==== SUPPLIED DATA ====

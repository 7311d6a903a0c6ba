// A state as a saved text. Every function writes its part at a place and returns where it ends; bytes past the end of the lent space are
// left out.
ghost use Rattle.std.specs.Prelude.{◌≡◌, ℕ, map, length};
ghost use Rattle.forms.specs.Writing.{Wrote};
ghost use Rattle.forms.specs.Refusals.{numbered, write_number};
ghost use Rattle.state_text.specs.Entries.{line_text};
ghost use Rattle.state_text.specs.Saving.{over, loan_line, place_line, place_lines, lines_text, saved_text, written_state, lent_state};
ghost use Rattle.state_text.specs.Parts.{set_lines, row_lines, history_lines, open_lines, session_parts, session_parts_at};
ghost use Rattle.state_text.specs.declared.entries.Entry.{Entry};

use crate::entries::{Entry, FORMS, STARTS};
use crate::measuring::saved_length;
use enforcement::{Session, State};
use forms::WriteRefusal;
use loans::Loan;
use places::{Point, Position};
use sets::Set;

// The text of a state that 40 does not refuse, or the refusal; then every byte stays.
pub fn write_state(state: State, out: &mut [u8]) -> Result<usize, WriteRefusal>
    ensures { (numbered write_number result ≡ written_state state out.old) × (out.new ≡ lent_state state out.old) }
{
    if !state.is_accepted() {
        return Err(WriteRefusal::NotAccepted);
    }
    if out.len() < saved_length(state) {
        return Err(WriteRefusal::NoRoom);
    }
    Ok(write_lines(&state, out, 0))
}

// All lines, in their order.
fn write_lines(state: &State, out: &mut [u8], at: usize) -> usize
    ensures { Wrote out.old at (saved_text state.now) result out.new }
{
    let after_time = write_line(Entry::Now(state.time), out, at);
    let after_assigned = write_rows(&state.assigned, Entry::Assigned, out, after_time);
    let after_granted = write_rows(&state.granted, Entry::Granted, out, after_assigned);
    let after_loans = write_loans(state.loans.running(), out, after_granted);
    let after_sessions = write_sessions(&state.sessions, &state.active, out, after_loans);
    write_history(&state.history, out, after_sessions)
}

// The lines of the sets of numbers below 32 that a list holds, by their places and members.
fn write_rows<F: Fn(u64, u64) -> Entry + Drop>(
    words: &[u32],
    line: F,
    out: &mut [u8],
    at: usize,
) -> usize
    requires { F.IsAlwaysCallable line }
    ensures { (entry : ℕ → ℕ → Entry) → ((i member : ℕ) (written : Entry) → F.post line i member written → written ≡ entry i member) → Wrote out.old at (lines_text (over (length words.now) (row_lines entry words.now))) result out.new }
{
    let mut place = at;
    for (i, word) in words.iter().enumerate() {
        let row = i as u64;
        place = write_set(u64::from(*word), |member| line(row, member), out, place);
    }
    place
}

fn write_loans(loans: &[Loan], out: &mut [u8], at: usize) -> usize
    ensures { Wrote out.old at (lines_text (map loan_line loans.now)) result out.new }
{
    let mut place = at;
    for loan in loans {
        place = write_line(loan_line(*loan), out, place);
    }
    place
}

pub(crate) fn loan_line(loan: Loan) -> Entry
    ensures { result ≡ loan_line loan }
{
    Entry::Loan(
        u64::from(loan.lender),
        u64::from(loan.borrower),
        u64::from(loan.role),
        u64::from(loan.until),
    )
}

fn write_sessions(sessions: &[Session; 32], active: &[u32; 32], out: &mut [u8], at: usize) -> usize
    ensures { Wrote out.old at (lines_text (over 32 (session_parts_at sessions.now active.now))) result out.new }
{
    let mut place = at;
    for (i, session) in sessions.iter().enumerate() {
        place = write_session(i as u64, session, active[i], out, place);
    }
    place
}

fn write_session(i: u64, session: &Session, roles: u32, out: &mut [u8], at: usize) -> usize
    ensures { Wrote out.old at (lines_text (session_parts i session.now roles)) result out.new }
{
    let after_open = write_open(i, session.is_open, u64::from(session.user), out, at);
    let after_place = write_place(i, session.position, out, after_open);
    write_set(
        u64::from(roles),
        |role| Entry::Active(i, role),
        out,
        after_place,
    )
}

#[tactic(auto, unfolding(crate::specs::Parts::open_lines))]
fn write_open(i: u64, is_open: bool, user: u64, out: &mut [u8], at: usize) -> usize
    ensures { Wrote out.old at (lines_text (open_lines i is_open user)) result out.new }
{
    if is_open {
        return write_line(Entry::Open(i, user), out, at);
    }
    at
}

fn write_place(i: u64, position: Position, out: &mut [u8], at: usize) -> usize
    ensures { Wrote out.old at (lines_text (place_lines i position)) result out.new }
{
    match position {
        Position::Unknown => at,
        Position::Known(point) => write_line(place_line(i, point), out, at),
    }
}

// An error of 0 is left out.
#[tactic(auto, unfolding(crate::specs::Saving::place_line))]
pub(crate) fn place_line(i: u64, point: Point) -> Entry
    ensures { result ≡ place_line i point }
{
    if point.error == 0 {
        return Entry::Place(i, point.x, point.y);
    }
    Entry::PlaceWithError(i, point.x, point.y, u64::from(point.error))
}

// The users of each object and permission.
fn write_history(words: &[u64; 1024], out: &mut [u8], at: usize) -> usize
    ensures { Wrote out.old at (lines_text (over 1024 (history_lines words.now))) result out.new }
{
    let mut place = at;
    for (i, users) in words.iter().enumerate() {
        let object = (i / 32) as u64;
        let permission = (i % 32) as u64;
        place = write_set(
            *users,
            |user| Entry::Did(object, permission, user),
            out,
            place,
        );
    }
    place
}

// The lines of a set's members: none where it is empty.
fn write_set<F: Fn(u64) -> Entry + Drop>(set: u64, line: F, out: &mut [u8], at: usize) -> usize
    requires { F.IsAlwaysCallable line }
    ensures { (entry : ℕ → Entry) → ((member : ℕ) (written : Entry) → F.post line member written → written ≡ entry member) → Wrote out.old at (lines_text (set_lines entry set)) result out.new }
{
    if set.is_empty() {
        return at;
    }
    let mut place = at;
    for member in 0..64 {
        if set.contains(member) {
            place = write_line(line(member as u64), out, place);
        }
    }
    place
}

pub(crate) fn write_line(entry: Entry, out: &mut [u8], at: usize) -> usize
    ensures { Wrote out.old at (line_text entry) result out.new }
{
    forms::write_line(&FORMS, &STARTS, entry.form(), &entry.values(), out, at)
}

====

[BRIEF]: Go through the entries above and count the lines containing "ghost". Give the number only.

[ANSWER TO THIS EXERCISE]: 7